The Prime Minister is bang on when he says that India has 17% of the world population but is responsible for only 5% of the emissions. That is because India is a poor nation and more than half the population is in subsistence level much below being a consumer who can emit harmful gases. Also, low emissions cannot be an excuse to be on the path to more emissions. India’s emission figures are low not because we have a conscious policy towards it, but because the emission levels of the developed nations are very high being based on a flawed profits-all capitalist systems and an overall system which consumes more than it conserves. The UN has estimated that India has suffered an average annual loss of USD 87 billion from extreme weather conditions, with floods, storms, cyclones, cold wavers, heat waves, blizzards etc being too frequent in this vast country. It is also important to look at what actually is the country doing to help the vulnerable communities that are living the climate crisis at this point of time.
Modi is also very right to note that the lifestyle for environment protection has to be different instead of mindless and destructive consumption, even of things which are not actually needed. He rightly notes that mindful and deliberate utilization of resources is needed over mindless and conspicuous consumption. But in reality, the traditional artists and producers, people dependent on local jobs are slowly being cornered and gradually eliminated in India as we are moving towards a more globalized economy.
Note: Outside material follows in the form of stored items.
// A table on a heap: its record, its columns and its row index.
#![tactic(auto)]

ghost use Rattle.std.specs.Prelude.{◌≡◌};
ghost use Rattle.refusal.specs.Order.{in_order};
ghost use Rattle.heap.specs.Shape.{Heap};
ghost use Rattle.heaptree.specs.Lookup.{from_root};
ghost use Rattle.heaptree.specs.Root.{Rooted};
ghost use Rattle.table.specs.Context.{table_record, context_rules, table_test, TableSound};
ghost use Rattle.table.specs.Says.{named_by, table_in, table_of, column_in, column_of};
ghost use Rattle.table.specs.RowIndex.{row_index_of, row_index, row_index32, FairIndex, row_from, index_root, index_test, row_of};

use columns::Column;
use heaptree::HeapTree;
use refusal::{Fault, Refusal, Verdict};

// What a value names: nothing, an item of the heap, or a subnode.
#[derive(Clone, Copy, Debug, PartialEq, Eq)]
pub enum Named {
    Nothing,
    Item(u32),
    Subnode(u32),
}

// How many columns a table has, the size of a row, where its existence bytes begin, and what holds the rows.
#[derive(Clone, Copy, Debug, PartialEq, Eq)]
pub struct Table {
    pub columns: u64,
    pub size: u64,
    pub existence: u64,
    pub rows: Named,
}

// 23 for the heap's client kind, 19 for the user root's number, then 23 for the record and for the columns.
fn check_context(block: &[u8]) -> Verdict
    requires { Heap block.now }
    ensures { result ≡ in_order (context_rules block.now) }
{
    if heap::client_kind(block) != 0x7C {
        return refusal::refused_at(Fault::TableShape, 0);
    }
    let root = heap::user_root(block);
    if !heap::item_fits(block, root) {
        return refusal::refused_at(Fault::HeapItem, 0);
    }
    let table = heap::part_of(block, root);
    if !columns::record_fits(table) {
        return refusal::refused_at(Fault::TableShape, 0);
    }
    if !apart::columns_fit(table) {
        return refusal::refused_at(Fault::TableShape, 0);
    }
    Ok(())
}

// All that is tested before what a call is about: 18, then the table's own rules.
pub fn test_table(block: &[u8]) -> Verdict
    ensures { result ≡ table_test block.now }
{
    heap::test_heap(block)?;
    check_context(block)
}

// The record of an accepted table.
pub fn record_of<'a>(block: &'a [u8]) -> &'a [u8]
    requires { TableSound block.now }
    ensures { result.now ≡ table_record block.now }
{
    heap::part_of(block, heap::user_root(block))
}

pub fn named_by(value: u32) -> Named
    ensures { result ≡ named_by value }
{
    if value == 0 {
        return Named::Nothing;
    }
    if value % 32 != 0 {
        return Named::Subnode(value);
    }
    Named::Item(value)
}

fn table_in(block: &[u8]) -> Table
    requires { TableSound block.now }
    ensures { result ≡ table_in (table_record block.now) }
{
    let table = record_of(block);
    Table {
        columns: columns::column_count(table) as u64,
        size: columns::row_size(table) as u64,
        existence: columns::existence_start(table) as u64,
        rows: named_by(columns::rows_value(table)),
    }
}

// What a table says, of a block that need not hold one.
pub fn table_of(block: &[u8]) -> Result<Table, Refusal>
    ensures { result ≡ table_of block.now }
{
    test_table(block)?;
    Ok(table_in(block))
}

fn column_in(block: &[u8], index: u32) -> Option<Column>
    requires { TableSound block.now }
    ensures { result ≡ column_in (table_record block.now) index }
{
    let table = record_of(block);
    let i = index as usize;
    if columns::column_count(table) < i + 1 {
        return None;
    }
    Some(columns::column_at(table, i))
}

// A column by its index, in stored order.
pub fn column_of(block: &[u8], index: u32) -> Result<Option<Column>, Refusal>
    ensures { result ≡ column_of block.now index }
{
    test_table(block)?;
    Ok(column_in(block, index))
}

// A row index whose entries have so many bytes: its keys are ids of rows, its entries row numbers.
fn row_index(entry: usize) -> HeapTree
    ensures { result ≡ row_index_of entry }
{
    HeapTree {
        key: 4,
        entry,
        fault: Fault::TableShape,
    }
}

// The table, then the record from which the row index starts.
fn test_index(block: &[u8], tree: HeapTree) -> Verdict
    ensures { result ≡ index_test tree block.now }
{
    test_table(block)?;
    let root = columns::row_index_item(record_of(block));
    heaptree::check_root(block, tree, root)
}

fn find_in_index(block: &[u8], tree: HeapTree, id: u32) -> Result<Option<u32>, Refusal>
    requires { TableSound block.now × FairIndex tree × Rooted tree block.now (index_root block.now) }
    ensures { result ≡ row_from tree (from_root tree block.now (index_root block.now) id) }
{
    let root = columns::row_index_item(record_of(block));
    let Some(place) = heaptree::find_from(block, tree, root, id as u64)? else {
        return Ok(None);
    };
    Ok(Some(le::field_of(block, place + tree.key, tree.entry) as u32))
}

// The number of the row with the id, by this row index.
fn find_row_in(block: &[u8], tree: HeapTree, id: u32) -> Result<Option<u32>, Refusal>
    requires { FairIndex tree }
    ensures { result ≡ row_of tree block.now id }
{
    test_index(block, tree)?;
    find_in_index(block, tree, id)
}

// The number of the row with the id, by the row index.
pub fn find_row(block: &[u8], id: u32) -> Result<Option<u32>, Refusal>
    ensures { result ≡ row_of row_index block.now id }
{
    find_row_in(block, row_index(4), id)
}

// The same of a 32-bit file's table.
pub fn find_row32(block: &[u8], id: u32) -> Result<Option<u32>, Refusal>
    ensures { result ≡ row_of row_index32 block.now id }
{
    find_row_in(block, row_index(2), id)
}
It seems that the leader is gaslighting and grand-standing while from smart cities, to privatization of resources, to the rise in the wealth of crony capitalists, our economy has continued to go towards mindless consumption in the past 7 years. From 75% to 100% increase in wealth, the Ambanis and Adanis have gone for unprecedented rise in their wealth during the ongoing Corona pandemic, while 17 crores of people have lost jobs and India has recorded highest rate of joblessness since independence (loss of 45% jobs).
And, we continue to give extension to polluters, all thermal power plants should not get extension and keep choking our ecological future. Undoubtedly, today around one fourth of India’s energy comes from renewable sources, but it needs to expand further and faster. Electrical Vehicles have also got a policy and shot in the arm, which at this point of time, more a propaganda than actual execution on ground.
The author is Secretary of the Global Media Education Council, and till recently the Pro Vice Chancellor of Kolkata based Adamas University.